Decentralized Orchestration Architecture for Fluid Computing: A Secure Distributed AI Use Case
This work addresses the problem of secure and efficient resource management for distributed AI applications across multiple administrative domains, representing an incremental advancement in fluid computing paradigms.
The paper tackles the challenge of orchestrating distributed AI and IoT applications across heterogeneous, multi-domain resources by proposing a decentralized orchestration architecture for fluid computing, and demonstrates its effectiveness in a Byzantine-secure decentralized federated learning use case with improved anomaly detection and performance metrics.
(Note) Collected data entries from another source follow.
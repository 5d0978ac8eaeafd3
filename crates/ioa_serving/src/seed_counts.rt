//! How many of the runs by many seeds ended in each way, how many each specification does not accept, and how many break an invariant.

ghost use Rattle.std.specs.Prelude.{◌≡◌, ◌==◌, ◌-◌, ◌<◌, ◌≤◌, ◌^◌, All, cond, false, is_some, length, map, not, option_map};
ghost use Rattle.std.specs.List.{list_any};
ghost use Rattle.std.specs.Option.{option_map_or};
ghost use Rattle.ioa_system.specs.Logs as logs;
ghost use Rattle.ioa_system.specs.Logs.{log_end};
ghost use Rattle.ioa_system.specs.Outcomes.{ending_of};
ghost use Rattle.ioa_inspect.specs.Breaking.{broken_of};
ghost use Rattle.ioa_serving.specs.Seeds.{with_refusals};

use crate::judged::JudgedRun;
use crate::status::Status;
use ioa_inspect::Broken;
use ioa_system::{End, LogEnd};
use std::alloc::{AllocError, Global};

/// How many runs ended in each of the two ways, how many each specification does not accept, and how many break an invariant.
#[derive(Drop)]
pub struct Counts {
    pub done: u128,
    pub fault: u128,
    pub refusals: Vec<u128>,
    pub broken: u128,
}

impl Counts {
    ghost use Rattle.std.specs.Prelude.{◌≡◌, ◌++◌, ◌<◌, ◌≤◌, ◌^◌, ◌∷◌, [], ℕ, List, IfOk, length};
    ghost use Rattle.ioa_serving.specs.SeedRuns.{IsCountOf, judged_of};
    ghost use Rattle.ioa_serving.specs.Seeds.{Judged, counts_status};

    /// The counts before the first run, for so many specifications.
    pub fn start(alloc: Global, specifications: usize) -> Result<Counts, AllocError>
        ensures { IfOk result (λ c. IsCountOf specifications c []) }
    {
        let refusals = vec![in alloc; 0u128; specifications]?;
        Ok(Counts {
            done: 0,
            fault: 0,
            refusals,
            broken: 0,
        })
    }

    /// Counts one run more. It asks that what was counted are no more than 2^64 runs, to which as many specifications answered.
    pub fn add(&mut self, judged: &JudgedRun)
        requires counted { (k : ℕ) × (js : List Judged) × IsCountOf k self.old js × (length js ≤ 2 ^ 64) }
        requires answered { length judged.now.answers.items ≤ length self.old.refusals.items }
        ensures { (k : ℕ) (js : List Judged) → IsCountOf k self.old js → IsCountOf k self.new (js ++ judged_of judged.now ∷ []) }
    {
        let faulted = is_faulted(judged.log.end);
        self.done += one_if(!faulted);
        self.fault += one_if(faulted);
        self.broken += one_if(is_broken(judged.inspected));
        add_refusals(&mut self.refusals, &judged.answers);
    }

    /// The exit status of these runs.
    pub fn status(&self) -> Status
        ensures { result ≡ counts_status self.now.fault self.now.refusals.items self.now.broken }
    {
        if some_counted(&self.refusals) || self.broken != 0 {
            Status::NotAccepted
        } else if self.fault == 0 {
            Status::Done
        } else {
            Status::Faulted
        }
    }
}

/// Whether one of these counts is not zero.
fn some_counted(counts: &[u128]) -> bool
    ensures { result ≡ list_any (λ n. not (n == 0)) counts.now }
{
    counts.iter().any(|count| *count != 0)
}

/// Whether a run ended by a fault.
fn is_faulted(end: LogEnd) -> bool
    ensures { result ≡ logs.is_fault (log_end end) }
{
    match end {
        LogEnd::Done(_) => false,
        LogEnd::Fault(_, _, _) => true,
    }
}

/// Whether an invariant is broken.
pub fn is_broken(inspected: Option<Option<Broken>>) -> bool
    ensures { result ≡ option_map_or is_some (option_map (option_map broken_of) inspected) false }
{
    match inspected {
        Some(Some(_)) => true,
        Some(None) | None => false,
    }
}

/// One where it is so, or else none.
fn one_if(so: bool) -> u128
    ensures { result ≡ cond so 1 0 }
{
    if so { 1 } else { 0 }
}

/// Counts for each specification one run more, where it does not accept it.
fn add_refusals(counts: &mut [u128], answers: &[Option<End>])
    requires roomy { All (λ n. n < 2 ^ 128 - 1) counts.old }
    requires answered { length answers.now ≤ length counts.old }
    ensures { counts.new ≡ with_refusals counts.old (map (option_map ending_of) answers.now) }
{
    for place in 0..answers.len() {
        if answers[place].is_some() {
            counts[place] += 1;
        }
    }
}
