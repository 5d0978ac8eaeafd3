//! `explain`: the explanation of a topic, for people.

ghost use Rattle.std.specs.Prelude.{OnOk, IfErr, IsErrOf};
ghost use Rattle.ioa_device.specs.Devices.{PassesUnless, change};
ghost use Rattle.ioa_device.specs.declared.failure.LogErr.{LogErr};
ghost use Rattle.ioa_device.specs.Failing.{HasFailed};
ghost use Rattle.ioa_serving.specs.Explaining.{IsExplained, IsUnexplained};

use crate::failure::Failure;
use ioa_device::{OutputDevice, send_all};
use ioa_request::Topic;
use ioa_request::explanations::explanation;
use std::alloc::Global;

/// Writes what a topic means, what gives it, and what to do then.
///
/// # Errors
/// `List` where the device failed in this call, and then a beginning of the text was written; or want of memory, and then
/// nothing was.
pub fn explain<W: OutputDevice>(alloc: Global, topic: Topic, output: &mut W) -> Result<(), Failure>
    ensures explains { OnOk result (IsExplained topic (W.contents output.old) (W.contents output.new)) }
    ensures refused { IfErr result (λ e. IsUnexplained topic (HasFailed (W.failure_count output.old) (W.failure_count output.new))
        (W.contents output.old) (W.contents output.new) e) }
    ensures devices { PassesUnless (IsErrOf result (Failure.List LogErr.Io)) (change W.contents W.failure_count output.old output.new) }
{
    let explanation = explanation(topic);
    let text = format!(in alloc; "{explanation}")?;
    send_all(output, text.as_bytes())?;
    Ok(())
}
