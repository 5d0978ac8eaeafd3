//! What specifications counted of a stream, in lines.

ghost use Rattle.std.specs.Prelude.{◌≡◌, ◌++◌, List, IfOk, IfSome, None, OnOk, false, length, option_map, string_bytes};
ghost use Rattle.ioa_value.specs.Actions.{Act};
ghost use Rattle.ioa_compile.specs.Programs.{Prog};
ghost use Rattle.ioa_system.specs.Outcomes.{ending_of};
ghost use Rattle.ioa_watch.specs.Names.{shown};
ghost use Rattle.ioa_watch.specs.Streaming.{HaveHeard};
ghost use Rattle.ioa_watch.specs.Watchers.{HasHeard};
ghost use Rattle.ioa_serving.specs.Counting as spec;
ghost use Rattle.ioa_serving.specs.Counting.{MayTell, counted_lines, counts_line, full_line, taken_of};

use ioa_system::End;
use ioa_value::Fault;
use ioa_watch::Watcher;
use std::alloc::{AllocError, Global};
use std::fmt::Write;

/// What they counted, where it is asked for. None, where memory is short for it.
pub(crate) fn counts_or_none(
    alloc: Global,
    counts: bool,
    watchers: &[Watcher<'_>],
) -> Option<String>
    ensures told { (ps : List Prog) (acts : List Act) → HaveHeard ps acts watchers.now → MayTell counts (spec.counted_text ps acts) (option_map string_bytes result) }
    ensures silent { counts ≡ false → option_map string_bytes result ≡ None }
{
    if counts {
        return text_or_none(alloc, watchers);
    }
    None
}

/// What they counted. None, where memory is short for it.
fn text_or_none(alloc: Global, watchers: &[Watcher<'_>]) -> Option<String>
    ensures { IfSome result (λ text. (ps : List Prog) (acts : List Act) → HaveHeard ps acts watchers.now → string_bytes text ≡ spec.counted_text ps acts) }
{
    match counted_text(alloc, watchers) {
        Ok(text) => Some(text),
        Err(_) => None,
    }
}

/// A line for each specification, in order: how many actions of each of its names it took, and how many of other names it passed over; behind it one that
/// says where it is full.
fn counted_text(alloc: Global, watchers: &[Watcher<'_>]) -> Result<String, AllocError>
    ensures { IfOk result (λ text. (ps : List Prog) (acts : List Act) → HaveHeard ps acts watchers.now → string_bytes text ≡ spec.counted_text ps acts) }
{
    let mut text = String::new(alloc);
    for watcher in watchers {
        push_counted(alloc, &mut text, watcher)?;
    }
    Ok(text)
}

/// Puts what a specification counted.
fn push_counted(alloc: Global, text: &mut String, watcher: &Watcher<'_>) -> Result<(), AllocError>
    ensures { OnOk result ((p : Prog) (acts : List Act) → HasHeard p acts watcher.now → string_bytes text.new ≡ string_bytes text.old ++ counted_lines acts p) }
{
    let name = watcher.program().name();
    let taken = taken_text(alloc, watcher.names(), watcher.counts())?;
    push_counts(text, name, taken.as_str(), watcher.others())?;
    push_full(text, name, is_full(watcher.refusal()))
}

/// How many actions of each name were taken.
pub(crate) fn taken_text(
    alloc: Global,
    names: &[&str],
    counts: &[u64],
) -> Result<String, AllocError>
    requires { length counts.now ≡ length names.now }
    ensures { IfOk result (λ text. string_bytes text ≡ spec.taken_text (shown names.now) counts.now) }
{
    let mut text = String::new(alloc);
    for i in 0..names.len() {
        push_taken(&mut text, names[i], counts[i])?;
    }
    Ok(text)
}

/// Puts how many actions of the name were taken.
fn push_taken(text: &mut String, name: &str, count: u64) -> Result<(), AllocError>
    ensures { OnOk result (string_bytes text.new ≡ string_bytes text.old ++ taken_of (name.now, count)) }
{
    write!(text, "{count} {name}, ")?;
    Ok(())
}

/// Puts a line of these words.
fn push_counts(text: &mut String, name: &str, taken: &str, others: u64) -> Result<(), AllocError>
    ensures { OnOk result (string_bytes text.new ≡ string_bytes text.old ++ counts_line name.now taken.now others) }
{
    writeln!(text, "{name}: {taken}{others} of other names")?;
    Ok(())
}

/// Whether a specification refuses an action since it holds no more.
fn is_full(refusal: Option<End>) -> bool
    ensures { result ≡ spec.is_full (option_map ending_of refusal) }
{
    match refusal {
        None => false,
        Some(End::Done(_) | End::NotAnAction(_) | End::NotEnabled(_)) => false,
        Some(End::Fault(_, fault, _)) => means_full(fault),
    }
}

/// Whether the fault is that a sequence is full.
fn means_full(fault: Fault) -> bool
    ensures { result ≡ spec.means_full fault }
{
    match fault {
        Fault::Overflow | Fault::ZeroDivisor | Fault::Empty | Fault::OutOfRange => false,
        Fault::Full => true,
    }
}

/// Puts that the specification is full, if it is.
fn push_full(text: &mut String, name: &str, full: bool) -> Result<(), AllocError>
    ensures { OnOk result (string_bytes text.new ≡ string_bytes text.old ++ full_line name.now full) }
{
    if full {
        writeln!(
            text,
            "{name}: the specification is full, which tells nothing of the system"
        )?;
    }
    Ok(())
}
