//! What a monitor counts of a log's actions, for people.

ghost use Rattle.std.specs.Prelude.{◌≡◌, ◌++◌, ◌∷◌, ◌<◌, ◌-◌, ◌^◌, List, [], IfOk, OnOk, length, map, string_bytes};
ghost use Rattle.ioa_value.specs.Actions.{Act, act_of};
ghost use Rattle.ioa_compile.specs.Programs.{Prog};
ghost use Rattle.ioa_serving.specs.LogCounts.{HasHeardKnown, counts_line, monitor_counts};

use crate::stream_counts::taken_text;
use ioa_compile::Program;
use ioa_system::participants;
use ioa_value::{Action, OutOfMemory};
use ioa_watch::Watcher;
use std::alloc::{AllocError, Global};
use std::fmt::Write;

/// Puts behind the text a line with the program's name: how many of the actions it takes as a monitor, of each name of its entries, up to the first that it
/// does not accept; and how many of all of them it passes over, since no component has them.
pub fn put_monitor_counts(
    alloc: Global,
    text: &mut String,
    program: &Program,
    actions: &[Action],
) -> Result<(), OutOfMemory>
    ensures { OnOk result (string_bytes text.new ≡ string_bytes text.old ++ monitor_counts program.now (map act_of actions.now)) }
{
    let known = hear_known(alloc, program, actions)?;
    let taken = taken_text(alloc, known.watcher.names(), known.watcher.counts())?;
    push_counts(text, program.name(), taken.as_str(), known.passed)?;
    Ok(())
}

/// A specification that hears those of some actions that its components have, and how many of them they have not.
#[derive(Drop)]
struct Known<'a> {
    watcher: Watcher<'a>,
    passed: u64,
}

impl Known<'_> {
    /// Takes one action more.
    fn take(&mut self, alloc: Global, action: &Action) -> Result<(), OutOfMemory>
        requires { (p : Prog) × (acts : List Act) × HasHeardKnown p acts self.old × (length acts < 2 ^ 64 - 1) }
        ensures { OnOk result ((p : Prog) (acts : List Act) → HasHeardKnown p acts self.old → HasHeardKnown p (acts ++ act_of action.now ∷ []) self.new) }
    {
        let found = participants(alloc, self.watcher.program(), action)?;
        if found.is_empty() {
            self.passed += 1;
            return Ok(());
        }
        self.watcher.hear(action)?;
        Ok(())
    }
}

/// A specification that has heard those of the actions that its components have.
fn hear_known<'a>(
    alloc: Global,
    program: &'a Program,
    actions: &[Action],
) -> Result<Known<'a>, OutOfMemory>
    ensures { IfOk result (HasHeardKnown program.now (map act_of actions.now)) }
{
    let mut known = Known {
        watcher: Watcher::start(alloc, program)?,
        passed: 0,
    };
    for action in actions {
        known.take(alloc, action)?;
    }
    Ok(known)
}

/// Puts a line of these words.
fn push_counts(text: &mut String, name: &str, taken: &str, passed: u64) -> Result<(), AllocError>
    ensures { OnOk result (string_bytes text.new ≡ string_bytes text.old ++ counts_line name.now taken.now passed) }
{
    writeln!(text, "{name}: {taken}{passed} passed over")?;
    Ok(())
}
Distributed AI and IoT applications increasingly execute across heterogeneous resources spanning end devices, edge/fog infrastructure, and cloud platforms, often under different administrative domains. Fluid Computing has emerged as a promising paradigm for enhancing massive resource management across the computing continuum by treating such resources as a unified fabric, enabling optimal service-agnostic deployments driven by application requirements. However, existing solutions remain largely centralized and often do not explicitly address multi-domain considerations. This paper proposes an agnostic multi-domain orchestration architecture for fluid computing environments. The orchestration plane enables decentralized coordination among domains that maintain local autonomy while jointly realizing intent-based deployment requests from tenants, ensuring end-to-end placement and execution. To this end, the architecture elevates domain-side control services as first-class capabilities to support application-level enhancement at runtime. As a representative use case, we consider a multi-domain Decentralized Federated Learning (DFL) deployment under Byzantine threats. We leverage domain-side capabilities to enhance Byzantine security by introducing FU-HST, an SDN-enabled multi-domain anomaly detection mechanism that complements Byzantine-robust aggregation. We validate the approach via simulation in single- and multi-domain settings, evaluating anomaly detection, DFL performance, and computation/communication overhead.